GOAL OF THE EXERCISE
Starting at the line that contains "filename crates/closure/src/ends.rt" and ending at the line that contains "made of a rule.", the lines below are to be given again exactly, with nothing added.

[Stored data entries]
◆ ◆ ◆ ◆ ◆
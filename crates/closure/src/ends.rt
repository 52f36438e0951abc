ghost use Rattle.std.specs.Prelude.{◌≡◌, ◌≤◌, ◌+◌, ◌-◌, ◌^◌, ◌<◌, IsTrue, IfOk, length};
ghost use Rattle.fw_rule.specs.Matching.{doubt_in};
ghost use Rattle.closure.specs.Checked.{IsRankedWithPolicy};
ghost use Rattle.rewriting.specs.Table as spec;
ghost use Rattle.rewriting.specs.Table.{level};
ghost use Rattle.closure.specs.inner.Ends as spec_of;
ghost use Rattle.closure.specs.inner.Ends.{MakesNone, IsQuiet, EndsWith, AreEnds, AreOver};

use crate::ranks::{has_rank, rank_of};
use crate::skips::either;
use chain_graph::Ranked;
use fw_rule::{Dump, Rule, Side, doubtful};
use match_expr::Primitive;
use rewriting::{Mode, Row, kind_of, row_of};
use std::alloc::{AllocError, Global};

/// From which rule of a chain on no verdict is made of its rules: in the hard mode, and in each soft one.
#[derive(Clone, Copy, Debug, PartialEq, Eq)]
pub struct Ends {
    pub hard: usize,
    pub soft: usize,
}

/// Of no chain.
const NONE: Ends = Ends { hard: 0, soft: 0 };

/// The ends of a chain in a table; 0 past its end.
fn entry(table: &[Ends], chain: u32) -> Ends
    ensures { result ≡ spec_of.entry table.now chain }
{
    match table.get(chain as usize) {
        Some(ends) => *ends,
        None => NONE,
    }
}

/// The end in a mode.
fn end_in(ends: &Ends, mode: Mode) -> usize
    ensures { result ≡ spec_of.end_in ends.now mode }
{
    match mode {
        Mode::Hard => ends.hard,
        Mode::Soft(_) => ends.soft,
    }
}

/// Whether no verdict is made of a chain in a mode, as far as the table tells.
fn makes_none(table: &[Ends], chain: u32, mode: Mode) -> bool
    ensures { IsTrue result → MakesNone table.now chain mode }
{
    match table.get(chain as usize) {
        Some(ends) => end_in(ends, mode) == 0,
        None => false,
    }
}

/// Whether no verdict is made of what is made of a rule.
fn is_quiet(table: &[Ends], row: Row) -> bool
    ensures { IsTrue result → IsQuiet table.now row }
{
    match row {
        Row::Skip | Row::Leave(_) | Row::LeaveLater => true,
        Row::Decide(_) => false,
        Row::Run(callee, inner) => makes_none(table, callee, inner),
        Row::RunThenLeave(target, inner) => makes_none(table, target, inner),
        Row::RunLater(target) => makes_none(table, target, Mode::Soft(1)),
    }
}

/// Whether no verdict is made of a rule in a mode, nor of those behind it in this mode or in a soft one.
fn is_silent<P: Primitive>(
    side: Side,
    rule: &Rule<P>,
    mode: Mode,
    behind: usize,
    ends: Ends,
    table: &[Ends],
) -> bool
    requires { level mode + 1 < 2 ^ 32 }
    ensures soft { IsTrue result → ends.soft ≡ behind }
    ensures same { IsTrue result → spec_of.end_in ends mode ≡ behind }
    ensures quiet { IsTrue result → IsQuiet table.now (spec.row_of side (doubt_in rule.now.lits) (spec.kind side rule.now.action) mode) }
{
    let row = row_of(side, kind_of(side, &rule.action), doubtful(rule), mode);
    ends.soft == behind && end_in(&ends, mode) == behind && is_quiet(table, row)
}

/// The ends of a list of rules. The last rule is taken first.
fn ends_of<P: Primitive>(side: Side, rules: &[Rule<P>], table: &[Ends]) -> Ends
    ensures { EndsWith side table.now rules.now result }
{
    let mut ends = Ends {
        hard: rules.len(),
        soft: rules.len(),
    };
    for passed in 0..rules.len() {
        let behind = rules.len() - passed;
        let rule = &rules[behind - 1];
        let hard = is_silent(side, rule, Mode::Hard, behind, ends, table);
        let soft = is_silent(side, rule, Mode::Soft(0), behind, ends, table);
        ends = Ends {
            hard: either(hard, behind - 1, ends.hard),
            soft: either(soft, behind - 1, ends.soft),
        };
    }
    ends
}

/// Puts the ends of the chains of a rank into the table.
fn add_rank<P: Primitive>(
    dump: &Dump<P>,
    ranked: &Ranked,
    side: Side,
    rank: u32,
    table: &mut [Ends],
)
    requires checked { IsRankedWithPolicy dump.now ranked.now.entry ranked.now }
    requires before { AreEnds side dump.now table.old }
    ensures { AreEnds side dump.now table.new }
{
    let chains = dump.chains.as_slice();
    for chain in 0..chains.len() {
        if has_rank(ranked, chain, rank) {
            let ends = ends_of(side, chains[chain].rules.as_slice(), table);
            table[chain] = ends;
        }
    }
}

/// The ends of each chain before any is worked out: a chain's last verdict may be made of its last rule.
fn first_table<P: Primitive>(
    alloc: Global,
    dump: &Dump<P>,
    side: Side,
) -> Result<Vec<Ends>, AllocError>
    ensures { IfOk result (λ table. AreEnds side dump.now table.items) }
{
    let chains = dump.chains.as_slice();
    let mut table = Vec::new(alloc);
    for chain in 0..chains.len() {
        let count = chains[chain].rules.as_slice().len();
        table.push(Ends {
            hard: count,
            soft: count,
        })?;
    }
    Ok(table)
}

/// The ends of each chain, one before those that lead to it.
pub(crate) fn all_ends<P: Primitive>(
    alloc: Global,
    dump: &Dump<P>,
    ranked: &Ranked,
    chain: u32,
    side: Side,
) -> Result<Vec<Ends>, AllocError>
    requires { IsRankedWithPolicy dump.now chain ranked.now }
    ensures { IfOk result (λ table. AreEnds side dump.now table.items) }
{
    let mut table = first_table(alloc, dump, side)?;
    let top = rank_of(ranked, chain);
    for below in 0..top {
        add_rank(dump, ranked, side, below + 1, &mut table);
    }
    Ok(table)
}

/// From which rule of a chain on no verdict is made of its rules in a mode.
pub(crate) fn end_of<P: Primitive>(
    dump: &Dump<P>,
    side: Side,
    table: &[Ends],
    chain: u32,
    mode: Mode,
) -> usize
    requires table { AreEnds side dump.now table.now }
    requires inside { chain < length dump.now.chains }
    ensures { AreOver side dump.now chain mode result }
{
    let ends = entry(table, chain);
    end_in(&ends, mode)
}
◆ ◆ ◆ ◆ ◆
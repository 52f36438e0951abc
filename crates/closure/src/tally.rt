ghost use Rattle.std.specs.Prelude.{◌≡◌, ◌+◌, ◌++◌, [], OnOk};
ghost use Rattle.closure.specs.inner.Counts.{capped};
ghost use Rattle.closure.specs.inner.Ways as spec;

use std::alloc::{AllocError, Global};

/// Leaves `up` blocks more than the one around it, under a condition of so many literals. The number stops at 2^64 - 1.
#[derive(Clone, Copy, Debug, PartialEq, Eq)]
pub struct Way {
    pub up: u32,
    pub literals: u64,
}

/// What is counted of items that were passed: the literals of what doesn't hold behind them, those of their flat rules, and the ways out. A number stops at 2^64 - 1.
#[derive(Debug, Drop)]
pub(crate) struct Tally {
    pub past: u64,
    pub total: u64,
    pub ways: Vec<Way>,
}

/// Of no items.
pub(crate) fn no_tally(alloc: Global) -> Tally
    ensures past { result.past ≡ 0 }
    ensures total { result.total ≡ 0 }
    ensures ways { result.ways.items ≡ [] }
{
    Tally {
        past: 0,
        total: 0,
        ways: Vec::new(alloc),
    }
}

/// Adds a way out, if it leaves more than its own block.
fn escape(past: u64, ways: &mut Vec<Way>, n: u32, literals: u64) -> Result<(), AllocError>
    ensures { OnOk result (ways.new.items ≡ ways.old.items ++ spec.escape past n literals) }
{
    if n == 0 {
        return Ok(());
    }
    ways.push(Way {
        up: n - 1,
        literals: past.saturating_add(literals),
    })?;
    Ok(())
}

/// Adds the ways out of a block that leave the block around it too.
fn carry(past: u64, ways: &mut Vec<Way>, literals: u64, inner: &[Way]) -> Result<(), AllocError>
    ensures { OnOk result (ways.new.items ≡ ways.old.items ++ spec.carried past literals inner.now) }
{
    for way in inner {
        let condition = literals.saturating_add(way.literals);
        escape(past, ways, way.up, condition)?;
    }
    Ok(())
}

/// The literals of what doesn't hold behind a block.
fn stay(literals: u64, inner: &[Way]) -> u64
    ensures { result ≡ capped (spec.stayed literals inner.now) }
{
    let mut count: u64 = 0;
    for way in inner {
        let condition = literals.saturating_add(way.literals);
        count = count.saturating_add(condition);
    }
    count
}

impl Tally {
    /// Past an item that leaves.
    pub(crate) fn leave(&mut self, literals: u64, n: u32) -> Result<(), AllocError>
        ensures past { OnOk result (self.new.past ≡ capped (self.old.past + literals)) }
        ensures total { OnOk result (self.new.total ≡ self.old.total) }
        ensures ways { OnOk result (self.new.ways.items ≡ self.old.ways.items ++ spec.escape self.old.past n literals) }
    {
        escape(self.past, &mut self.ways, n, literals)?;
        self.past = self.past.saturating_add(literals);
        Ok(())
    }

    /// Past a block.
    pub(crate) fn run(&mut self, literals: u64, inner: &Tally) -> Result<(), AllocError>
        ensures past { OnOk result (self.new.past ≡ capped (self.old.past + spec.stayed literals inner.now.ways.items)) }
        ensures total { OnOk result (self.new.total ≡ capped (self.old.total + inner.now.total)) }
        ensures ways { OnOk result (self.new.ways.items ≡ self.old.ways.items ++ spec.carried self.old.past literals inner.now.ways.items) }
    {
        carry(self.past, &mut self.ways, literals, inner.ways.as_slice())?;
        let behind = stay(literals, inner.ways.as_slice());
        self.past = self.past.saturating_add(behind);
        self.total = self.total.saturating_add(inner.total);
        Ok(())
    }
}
◆ ◆ ◆ ◆ ◆
ANSWER TO THIS PROBLEM
filename crates/closure/src/ends.rt
repository 52f36438e0951abc
ghost use Rattle.std.specs.Prelude.{◌≡◌, ◌≤◌, ◌+◌, ◌-◌, ◌^◌, ◌<◌, IsTrue, IfOk, length};
ghost use Rattle.fw_rule.specs.Matching.{doubt_in};
ghost use Rattle.closure.specs.Checked.{IsRankedWithPolicy};
ghost use Rattle.rewriting.specs.Table as spec;
ghost use Rattle.rewriting.specs.Table.{level};
ghost use Rattle.closure.specs.inner.Ends as spec_of;
ghost use Rattle.closure.specs.inner.Ends.{MakesNone, IsQuiet, EndsWith, AreEnds, AreOver};

use crate::ranks::{has_rank, rank_of};
use crate::skips::either;
use chain_graph::Ranked;
use fw_rule::{Dump, Rule, Side, doubtful};
use match_expr::Primitive;
use rewriting::{Mode, Row, kind_of, row_of};
use std::alloc::{AllocError, Global};

/// From which rule of a chain on no verdict is made of its rules: in the hard mode, and in each soft one.
#[derive(Clone, Copy, Debug, PartialEq, Eq)]
pub struct Ends {
    pub hard: usize,
    pub soft: usize,
}

/// Of no chain.
const NONE: Ends = Ends { hard: 0, soft: 0 };

/// The ends of a chain in a table; 0 past its end.
fn entry(table: &[Ends], chain: u32) -> Ends
    ensures { result ≡ spec_of.entry table.now chain }
{
    match table.get(chain as usize) {
        Some(ends) => *ends,
        None => NONE,
    }
}

/// The end in a mode.
fn end_in(ends: &Ends, mode: Mode) -> usize
    ensures { result ≡ spec_of.end_in ends.now mode }
{
    match mode {
        Mode::Hard => ends.hard,
        Mode::Soft(_) => ends.soft,
    }
}

/// Whether no verdict is made of a chain in a mode, as far as the table tells.
fn makes_none(table: &[Ends], chain: u32, mode: Mode) -> bool
    ensures { IsTrue result → MakesNone table.now chain mode }
{
    match table.get(chain as usize) {
        Some(ends) => end_in(ends, mode) == 0,
        None => false,
    }
}

/// Whether no verdict is made of what is made of a rule.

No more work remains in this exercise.